> _What is required_: Every line of the entries below from the one containing "filename crates/records/src/letters.rt" to the one containing "b stands, or the end.", both ends included, must be written out exactly. No other line belongs in the answer.

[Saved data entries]
****
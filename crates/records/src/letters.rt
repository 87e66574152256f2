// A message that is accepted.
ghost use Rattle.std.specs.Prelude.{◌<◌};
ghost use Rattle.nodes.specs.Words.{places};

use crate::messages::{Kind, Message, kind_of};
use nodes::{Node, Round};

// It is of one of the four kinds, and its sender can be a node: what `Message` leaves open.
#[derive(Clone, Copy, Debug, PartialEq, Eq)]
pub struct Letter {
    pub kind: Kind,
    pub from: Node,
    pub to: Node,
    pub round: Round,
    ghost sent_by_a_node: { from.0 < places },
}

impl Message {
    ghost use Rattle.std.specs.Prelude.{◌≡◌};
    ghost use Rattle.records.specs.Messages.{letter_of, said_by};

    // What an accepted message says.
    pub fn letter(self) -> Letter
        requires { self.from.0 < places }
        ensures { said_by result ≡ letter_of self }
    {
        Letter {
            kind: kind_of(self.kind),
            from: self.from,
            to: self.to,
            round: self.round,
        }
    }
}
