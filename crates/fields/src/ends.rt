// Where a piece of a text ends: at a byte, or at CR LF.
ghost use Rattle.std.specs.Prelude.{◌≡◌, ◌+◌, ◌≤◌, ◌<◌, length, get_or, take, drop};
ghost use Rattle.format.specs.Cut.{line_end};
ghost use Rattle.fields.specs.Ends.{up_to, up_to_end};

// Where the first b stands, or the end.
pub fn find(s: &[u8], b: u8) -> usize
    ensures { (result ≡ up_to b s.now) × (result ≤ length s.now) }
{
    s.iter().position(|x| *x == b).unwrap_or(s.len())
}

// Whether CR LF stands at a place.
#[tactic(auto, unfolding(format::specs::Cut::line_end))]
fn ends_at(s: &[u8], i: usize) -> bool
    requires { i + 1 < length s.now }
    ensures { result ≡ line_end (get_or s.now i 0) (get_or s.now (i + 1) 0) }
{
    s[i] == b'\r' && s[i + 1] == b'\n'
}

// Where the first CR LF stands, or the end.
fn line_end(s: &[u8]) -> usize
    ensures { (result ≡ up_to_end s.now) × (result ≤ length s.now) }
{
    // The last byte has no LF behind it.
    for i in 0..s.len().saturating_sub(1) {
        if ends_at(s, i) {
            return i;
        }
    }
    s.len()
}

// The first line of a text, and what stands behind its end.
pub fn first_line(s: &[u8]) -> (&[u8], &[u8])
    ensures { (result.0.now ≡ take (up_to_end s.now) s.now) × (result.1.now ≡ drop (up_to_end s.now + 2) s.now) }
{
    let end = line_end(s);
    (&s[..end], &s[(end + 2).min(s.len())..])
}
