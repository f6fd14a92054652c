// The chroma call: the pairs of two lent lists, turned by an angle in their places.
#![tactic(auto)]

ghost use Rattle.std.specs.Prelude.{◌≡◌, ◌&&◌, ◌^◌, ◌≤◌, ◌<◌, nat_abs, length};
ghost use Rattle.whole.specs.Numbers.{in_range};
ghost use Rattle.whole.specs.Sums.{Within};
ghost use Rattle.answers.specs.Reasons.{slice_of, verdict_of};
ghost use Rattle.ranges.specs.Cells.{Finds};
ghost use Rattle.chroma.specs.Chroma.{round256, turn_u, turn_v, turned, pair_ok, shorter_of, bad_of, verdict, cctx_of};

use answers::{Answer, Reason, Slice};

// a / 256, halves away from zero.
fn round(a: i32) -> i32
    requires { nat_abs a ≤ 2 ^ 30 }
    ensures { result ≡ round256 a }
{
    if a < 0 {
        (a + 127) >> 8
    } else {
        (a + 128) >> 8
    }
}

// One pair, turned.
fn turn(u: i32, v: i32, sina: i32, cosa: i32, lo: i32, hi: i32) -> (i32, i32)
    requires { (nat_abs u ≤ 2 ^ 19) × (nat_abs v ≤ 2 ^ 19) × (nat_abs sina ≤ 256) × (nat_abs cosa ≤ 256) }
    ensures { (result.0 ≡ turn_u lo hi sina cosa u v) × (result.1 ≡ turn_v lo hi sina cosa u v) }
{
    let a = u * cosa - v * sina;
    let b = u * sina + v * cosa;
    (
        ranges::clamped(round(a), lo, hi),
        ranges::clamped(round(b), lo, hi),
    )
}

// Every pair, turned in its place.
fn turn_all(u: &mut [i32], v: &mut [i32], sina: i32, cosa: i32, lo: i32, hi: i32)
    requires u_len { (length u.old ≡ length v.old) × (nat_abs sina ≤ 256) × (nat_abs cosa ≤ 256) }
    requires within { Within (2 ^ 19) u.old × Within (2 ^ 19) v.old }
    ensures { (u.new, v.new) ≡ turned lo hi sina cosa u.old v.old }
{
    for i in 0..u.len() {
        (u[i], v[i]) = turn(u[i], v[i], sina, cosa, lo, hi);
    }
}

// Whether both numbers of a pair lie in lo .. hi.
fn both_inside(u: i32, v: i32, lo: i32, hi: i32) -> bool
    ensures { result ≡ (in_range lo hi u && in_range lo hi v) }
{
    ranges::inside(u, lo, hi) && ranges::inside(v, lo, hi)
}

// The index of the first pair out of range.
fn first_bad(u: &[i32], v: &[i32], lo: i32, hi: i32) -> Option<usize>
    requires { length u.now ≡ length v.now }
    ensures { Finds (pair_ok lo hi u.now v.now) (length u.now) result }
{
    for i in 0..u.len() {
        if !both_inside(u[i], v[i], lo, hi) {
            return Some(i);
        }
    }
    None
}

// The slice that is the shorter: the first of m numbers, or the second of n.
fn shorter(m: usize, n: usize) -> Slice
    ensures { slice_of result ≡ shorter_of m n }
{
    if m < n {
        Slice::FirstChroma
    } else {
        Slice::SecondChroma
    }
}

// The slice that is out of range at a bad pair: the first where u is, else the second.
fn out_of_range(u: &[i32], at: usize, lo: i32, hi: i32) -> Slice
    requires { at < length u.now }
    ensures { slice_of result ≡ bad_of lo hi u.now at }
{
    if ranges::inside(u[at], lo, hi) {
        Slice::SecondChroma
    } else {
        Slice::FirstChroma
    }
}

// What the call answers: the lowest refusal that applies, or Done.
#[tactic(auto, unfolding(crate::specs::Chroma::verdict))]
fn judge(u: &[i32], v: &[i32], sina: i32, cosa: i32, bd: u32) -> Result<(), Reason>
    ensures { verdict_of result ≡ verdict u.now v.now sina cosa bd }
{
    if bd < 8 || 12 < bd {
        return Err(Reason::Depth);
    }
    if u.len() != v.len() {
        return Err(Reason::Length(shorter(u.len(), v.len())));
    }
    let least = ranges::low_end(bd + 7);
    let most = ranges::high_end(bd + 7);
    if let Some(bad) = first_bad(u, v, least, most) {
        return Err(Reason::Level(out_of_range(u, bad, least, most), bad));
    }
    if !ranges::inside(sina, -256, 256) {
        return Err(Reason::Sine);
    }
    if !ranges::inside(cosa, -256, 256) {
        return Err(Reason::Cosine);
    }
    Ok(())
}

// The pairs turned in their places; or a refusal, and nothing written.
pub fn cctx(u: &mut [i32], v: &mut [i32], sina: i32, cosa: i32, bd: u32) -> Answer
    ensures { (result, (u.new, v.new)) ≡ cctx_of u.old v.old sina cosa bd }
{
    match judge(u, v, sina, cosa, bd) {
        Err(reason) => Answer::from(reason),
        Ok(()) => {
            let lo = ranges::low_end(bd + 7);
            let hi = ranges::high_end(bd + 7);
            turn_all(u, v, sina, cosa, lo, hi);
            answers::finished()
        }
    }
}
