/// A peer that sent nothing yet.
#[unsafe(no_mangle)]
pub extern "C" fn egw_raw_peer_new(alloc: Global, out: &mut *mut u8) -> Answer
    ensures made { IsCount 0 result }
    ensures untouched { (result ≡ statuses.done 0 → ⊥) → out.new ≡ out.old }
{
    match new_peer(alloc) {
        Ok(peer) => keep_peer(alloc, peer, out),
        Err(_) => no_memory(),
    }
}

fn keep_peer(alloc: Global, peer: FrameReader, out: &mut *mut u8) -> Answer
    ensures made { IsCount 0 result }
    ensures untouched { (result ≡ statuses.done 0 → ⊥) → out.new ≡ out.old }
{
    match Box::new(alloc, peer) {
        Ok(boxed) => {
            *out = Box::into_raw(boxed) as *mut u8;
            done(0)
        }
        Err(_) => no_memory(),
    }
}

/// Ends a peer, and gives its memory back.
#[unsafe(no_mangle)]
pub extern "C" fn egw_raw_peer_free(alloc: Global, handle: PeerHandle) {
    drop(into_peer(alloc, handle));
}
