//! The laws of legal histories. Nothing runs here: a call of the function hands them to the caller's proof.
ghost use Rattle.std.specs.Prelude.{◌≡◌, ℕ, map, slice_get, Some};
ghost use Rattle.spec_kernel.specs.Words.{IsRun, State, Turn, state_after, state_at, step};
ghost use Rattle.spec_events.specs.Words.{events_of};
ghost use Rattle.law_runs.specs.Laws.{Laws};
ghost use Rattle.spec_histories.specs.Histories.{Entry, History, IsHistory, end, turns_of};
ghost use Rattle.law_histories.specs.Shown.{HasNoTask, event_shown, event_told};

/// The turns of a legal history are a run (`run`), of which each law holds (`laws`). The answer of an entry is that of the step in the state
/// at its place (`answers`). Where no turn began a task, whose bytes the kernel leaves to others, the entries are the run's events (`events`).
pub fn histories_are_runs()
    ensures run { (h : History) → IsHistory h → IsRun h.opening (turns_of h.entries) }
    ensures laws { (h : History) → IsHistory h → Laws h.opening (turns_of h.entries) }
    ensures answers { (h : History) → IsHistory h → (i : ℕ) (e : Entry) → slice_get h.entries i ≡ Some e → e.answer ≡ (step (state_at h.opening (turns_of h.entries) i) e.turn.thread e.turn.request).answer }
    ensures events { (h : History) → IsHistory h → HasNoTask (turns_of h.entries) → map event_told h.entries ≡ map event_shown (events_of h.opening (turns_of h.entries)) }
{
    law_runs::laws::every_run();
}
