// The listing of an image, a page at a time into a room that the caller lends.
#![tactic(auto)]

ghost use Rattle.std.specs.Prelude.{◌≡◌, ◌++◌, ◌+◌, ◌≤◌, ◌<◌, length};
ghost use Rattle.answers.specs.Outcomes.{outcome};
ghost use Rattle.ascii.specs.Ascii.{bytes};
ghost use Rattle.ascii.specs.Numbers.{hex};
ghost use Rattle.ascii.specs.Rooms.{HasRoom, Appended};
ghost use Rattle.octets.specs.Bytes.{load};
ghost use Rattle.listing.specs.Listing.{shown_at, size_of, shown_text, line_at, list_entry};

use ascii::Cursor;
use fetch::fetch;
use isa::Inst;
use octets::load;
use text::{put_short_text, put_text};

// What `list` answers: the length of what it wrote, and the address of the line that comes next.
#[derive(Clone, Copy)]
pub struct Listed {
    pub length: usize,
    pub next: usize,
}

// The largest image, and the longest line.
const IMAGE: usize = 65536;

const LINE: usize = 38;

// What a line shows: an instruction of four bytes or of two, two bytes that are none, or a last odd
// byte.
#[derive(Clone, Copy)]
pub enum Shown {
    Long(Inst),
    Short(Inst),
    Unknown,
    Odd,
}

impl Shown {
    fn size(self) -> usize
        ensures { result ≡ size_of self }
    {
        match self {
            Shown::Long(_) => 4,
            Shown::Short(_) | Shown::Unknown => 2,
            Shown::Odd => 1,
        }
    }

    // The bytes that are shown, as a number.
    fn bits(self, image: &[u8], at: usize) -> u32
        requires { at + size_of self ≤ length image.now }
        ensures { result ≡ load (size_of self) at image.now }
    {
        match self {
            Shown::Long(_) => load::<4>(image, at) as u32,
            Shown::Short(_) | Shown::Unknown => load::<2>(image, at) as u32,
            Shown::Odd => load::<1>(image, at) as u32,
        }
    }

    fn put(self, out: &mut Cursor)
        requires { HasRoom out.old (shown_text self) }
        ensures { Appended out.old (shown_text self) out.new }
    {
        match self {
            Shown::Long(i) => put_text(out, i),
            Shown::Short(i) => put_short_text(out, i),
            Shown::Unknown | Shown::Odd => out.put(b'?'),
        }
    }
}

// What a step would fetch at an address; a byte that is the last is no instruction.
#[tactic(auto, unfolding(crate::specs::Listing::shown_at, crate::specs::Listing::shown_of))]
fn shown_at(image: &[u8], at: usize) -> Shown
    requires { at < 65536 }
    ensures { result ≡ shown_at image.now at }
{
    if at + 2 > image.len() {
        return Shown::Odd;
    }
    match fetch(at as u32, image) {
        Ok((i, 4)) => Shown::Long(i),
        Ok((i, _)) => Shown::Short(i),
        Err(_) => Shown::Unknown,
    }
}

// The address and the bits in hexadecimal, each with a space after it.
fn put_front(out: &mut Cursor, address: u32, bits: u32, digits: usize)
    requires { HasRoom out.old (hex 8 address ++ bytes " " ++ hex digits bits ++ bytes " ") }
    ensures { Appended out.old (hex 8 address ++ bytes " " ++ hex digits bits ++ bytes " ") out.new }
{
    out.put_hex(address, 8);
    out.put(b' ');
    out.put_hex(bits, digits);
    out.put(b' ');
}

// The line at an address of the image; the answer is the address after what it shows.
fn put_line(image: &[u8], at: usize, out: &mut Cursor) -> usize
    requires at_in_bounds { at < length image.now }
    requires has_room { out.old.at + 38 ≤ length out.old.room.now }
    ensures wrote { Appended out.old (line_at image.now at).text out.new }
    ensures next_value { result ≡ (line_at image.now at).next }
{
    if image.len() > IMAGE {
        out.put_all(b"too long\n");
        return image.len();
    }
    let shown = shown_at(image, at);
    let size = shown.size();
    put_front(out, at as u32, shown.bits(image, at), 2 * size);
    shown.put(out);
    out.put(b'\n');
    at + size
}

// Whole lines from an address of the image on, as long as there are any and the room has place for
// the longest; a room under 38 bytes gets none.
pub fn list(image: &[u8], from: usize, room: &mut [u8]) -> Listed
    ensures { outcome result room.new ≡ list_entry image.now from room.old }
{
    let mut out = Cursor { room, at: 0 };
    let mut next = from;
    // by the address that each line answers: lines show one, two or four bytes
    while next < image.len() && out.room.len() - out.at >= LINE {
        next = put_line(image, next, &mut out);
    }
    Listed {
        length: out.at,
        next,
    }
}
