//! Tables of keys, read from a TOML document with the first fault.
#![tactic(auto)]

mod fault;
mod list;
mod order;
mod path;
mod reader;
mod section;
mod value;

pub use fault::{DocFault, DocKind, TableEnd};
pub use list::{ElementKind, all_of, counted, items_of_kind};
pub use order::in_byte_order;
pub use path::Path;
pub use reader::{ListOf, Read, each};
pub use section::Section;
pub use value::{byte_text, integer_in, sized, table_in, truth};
****
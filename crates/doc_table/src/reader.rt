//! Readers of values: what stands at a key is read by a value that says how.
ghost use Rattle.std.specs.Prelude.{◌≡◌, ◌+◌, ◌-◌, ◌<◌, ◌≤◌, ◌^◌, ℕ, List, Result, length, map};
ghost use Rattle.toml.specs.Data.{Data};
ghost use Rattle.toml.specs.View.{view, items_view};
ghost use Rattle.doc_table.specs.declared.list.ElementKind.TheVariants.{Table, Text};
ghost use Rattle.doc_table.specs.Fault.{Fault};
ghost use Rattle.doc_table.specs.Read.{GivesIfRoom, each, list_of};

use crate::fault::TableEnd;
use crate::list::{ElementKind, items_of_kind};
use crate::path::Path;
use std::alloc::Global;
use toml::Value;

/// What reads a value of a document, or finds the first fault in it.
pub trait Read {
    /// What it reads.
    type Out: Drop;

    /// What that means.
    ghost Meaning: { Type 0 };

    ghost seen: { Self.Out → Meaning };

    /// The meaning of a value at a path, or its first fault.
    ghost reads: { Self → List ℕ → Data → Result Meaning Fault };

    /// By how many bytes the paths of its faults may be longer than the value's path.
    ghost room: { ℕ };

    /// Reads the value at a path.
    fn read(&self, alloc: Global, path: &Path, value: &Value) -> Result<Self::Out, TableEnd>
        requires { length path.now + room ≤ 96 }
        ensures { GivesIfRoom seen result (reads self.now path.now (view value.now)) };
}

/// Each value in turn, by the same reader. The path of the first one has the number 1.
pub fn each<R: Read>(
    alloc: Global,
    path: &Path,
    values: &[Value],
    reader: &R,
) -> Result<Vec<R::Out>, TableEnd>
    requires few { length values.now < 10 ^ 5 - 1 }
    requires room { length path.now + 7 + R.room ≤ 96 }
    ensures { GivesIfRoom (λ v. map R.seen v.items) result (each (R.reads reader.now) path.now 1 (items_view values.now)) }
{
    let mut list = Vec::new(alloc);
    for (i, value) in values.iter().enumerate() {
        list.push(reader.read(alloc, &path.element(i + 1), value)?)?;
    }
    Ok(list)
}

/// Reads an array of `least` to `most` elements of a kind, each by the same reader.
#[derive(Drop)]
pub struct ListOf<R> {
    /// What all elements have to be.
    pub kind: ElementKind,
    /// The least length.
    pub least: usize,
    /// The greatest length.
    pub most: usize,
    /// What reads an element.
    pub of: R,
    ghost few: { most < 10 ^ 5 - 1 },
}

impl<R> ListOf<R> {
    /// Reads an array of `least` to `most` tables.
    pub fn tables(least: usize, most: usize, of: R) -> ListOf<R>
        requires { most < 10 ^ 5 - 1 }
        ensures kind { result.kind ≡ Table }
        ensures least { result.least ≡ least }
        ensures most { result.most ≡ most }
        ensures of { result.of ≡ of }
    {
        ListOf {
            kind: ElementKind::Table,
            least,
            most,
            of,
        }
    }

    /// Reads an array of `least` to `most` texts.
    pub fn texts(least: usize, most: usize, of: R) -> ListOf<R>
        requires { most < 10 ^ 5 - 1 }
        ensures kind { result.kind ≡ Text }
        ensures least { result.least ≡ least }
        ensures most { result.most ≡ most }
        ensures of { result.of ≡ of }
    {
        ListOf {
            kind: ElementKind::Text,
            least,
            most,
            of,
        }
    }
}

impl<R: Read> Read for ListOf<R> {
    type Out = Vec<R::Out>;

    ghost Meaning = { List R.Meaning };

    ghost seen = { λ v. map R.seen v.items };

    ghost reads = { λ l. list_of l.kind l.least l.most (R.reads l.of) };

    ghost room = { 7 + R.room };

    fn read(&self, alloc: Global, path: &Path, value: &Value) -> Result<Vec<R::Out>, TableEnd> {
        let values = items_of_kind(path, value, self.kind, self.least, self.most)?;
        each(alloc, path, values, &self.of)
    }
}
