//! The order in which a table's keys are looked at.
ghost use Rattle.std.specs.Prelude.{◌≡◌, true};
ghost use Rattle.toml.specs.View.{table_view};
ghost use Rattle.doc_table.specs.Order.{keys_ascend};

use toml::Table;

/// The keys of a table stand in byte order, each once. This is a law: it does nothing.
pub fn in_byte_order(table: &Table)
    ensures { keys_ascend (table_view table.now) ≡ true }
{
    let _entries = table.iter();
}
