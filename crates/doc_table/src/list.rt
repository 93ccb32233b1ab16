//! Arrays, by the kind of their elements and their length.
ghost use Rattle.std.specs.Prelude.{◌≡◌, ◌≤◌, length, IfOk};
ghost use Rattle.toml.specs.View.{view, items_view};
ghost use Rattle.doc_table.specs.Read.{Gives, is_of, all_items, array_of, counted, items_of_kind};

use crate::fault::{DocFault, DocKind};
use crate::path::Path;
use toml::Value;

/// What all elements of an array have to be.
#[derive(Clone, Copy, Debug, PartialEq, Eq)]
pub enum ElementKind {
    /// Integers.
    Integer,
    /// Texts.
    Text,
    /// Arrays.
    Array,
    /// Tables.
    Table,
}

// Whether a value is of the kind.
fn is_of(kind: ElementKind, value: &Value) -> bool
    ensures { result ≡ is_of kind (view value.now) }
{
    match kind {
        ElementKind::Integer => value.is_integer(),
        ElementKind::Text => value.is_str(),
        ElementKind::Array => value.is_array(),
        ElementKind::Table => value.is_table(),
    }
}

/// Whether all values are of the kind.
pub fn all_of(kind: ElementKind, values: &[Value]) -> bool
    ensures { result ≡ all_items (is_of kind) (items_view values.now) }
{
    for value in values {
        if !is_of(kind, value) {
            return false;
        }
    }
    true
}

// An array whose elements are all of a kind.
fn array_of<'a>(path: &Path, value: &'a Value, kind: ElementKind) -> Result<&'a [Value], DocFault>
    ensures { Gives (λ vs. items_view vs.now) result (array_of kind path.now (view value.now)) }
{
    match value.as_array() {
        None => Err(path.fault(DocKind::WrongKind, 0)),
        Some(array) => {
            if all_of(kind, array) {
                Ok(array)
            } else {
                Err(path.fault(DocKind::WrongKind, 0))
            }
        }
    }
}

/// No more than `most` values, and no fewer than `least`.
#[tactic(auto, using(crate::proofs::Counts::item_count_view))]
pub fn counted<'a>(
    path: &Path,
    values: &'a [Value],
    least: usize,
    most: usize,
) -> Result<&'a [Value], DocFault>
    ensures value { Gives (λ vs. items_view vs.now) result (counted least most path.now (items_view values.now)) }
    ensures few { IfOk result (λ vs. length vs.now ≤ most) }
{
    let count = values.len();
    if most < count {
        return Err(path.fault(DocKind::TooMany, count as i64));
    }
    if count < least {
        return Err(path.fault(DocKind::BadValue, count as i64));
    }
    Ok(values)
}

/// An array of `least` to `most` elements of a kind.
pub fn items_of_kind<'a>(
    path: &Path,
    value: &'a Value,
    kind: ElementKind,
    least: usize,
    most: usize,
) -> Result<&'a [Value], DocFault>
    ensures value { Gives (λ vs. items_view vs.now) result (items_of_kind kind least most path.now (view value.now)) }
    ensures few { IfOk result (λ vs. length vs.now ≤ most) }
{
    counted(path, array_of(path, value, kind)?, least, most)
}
****
> _Task answer_:
filename crates/records/src/letters.rt
repository 87e66574152256f2
// A message that is accepted.
ghost use Rattle.std.specs.Prelude.{◌<◌};
ghost use Rattle.nodes.specs.Words.{places};

use crate::messages::{Kind, Message, kind_of};
use nodes::{Node, Round};

// It is of one of the four kinds, and its sender can be a node: what `Message` leaves open.
#[derive(Clone, Copy, Debug, PartialEq, Eq)]
pub struct Letter {
    pub kind: Kind,
    pub from: Node,
    pub to: Node,
    pub round: Round,
    ghost sent_by_a_node: { from.0 < places },
}

impl Message {
    ghost use Rattle.std.specs.Prelude.{◌≡◌};
    ghost use Rattle.records.specs.Messages.{letter_of, said_by};

    // What an accepted message says.
    pub fn letter(self) -> Letter
        requires { self.from.0 < places }
        ensures { said_by result ≡ letter_of self }
    {
        Letter {
            kind: kind_of(self.kind),
            from: self.from,
            to: self.to,
            round: self.round,
        }
    }
}
filename crates/fields/src/ends.rt
// Where a piece of a text ends: at a byte, or at CR LF.
ghost use Rattle.std.specs.Prelude.{◌≡◌, ◌+◌, ◌≤◌, ◌<◌, length, get_or, take, drop};
ghost use Rattle.format.specs.Cut.{line_end};
ghost use Rattle.fields.specs.Ends.{up_to, up_to_end};

// Where the first b stands, or the end.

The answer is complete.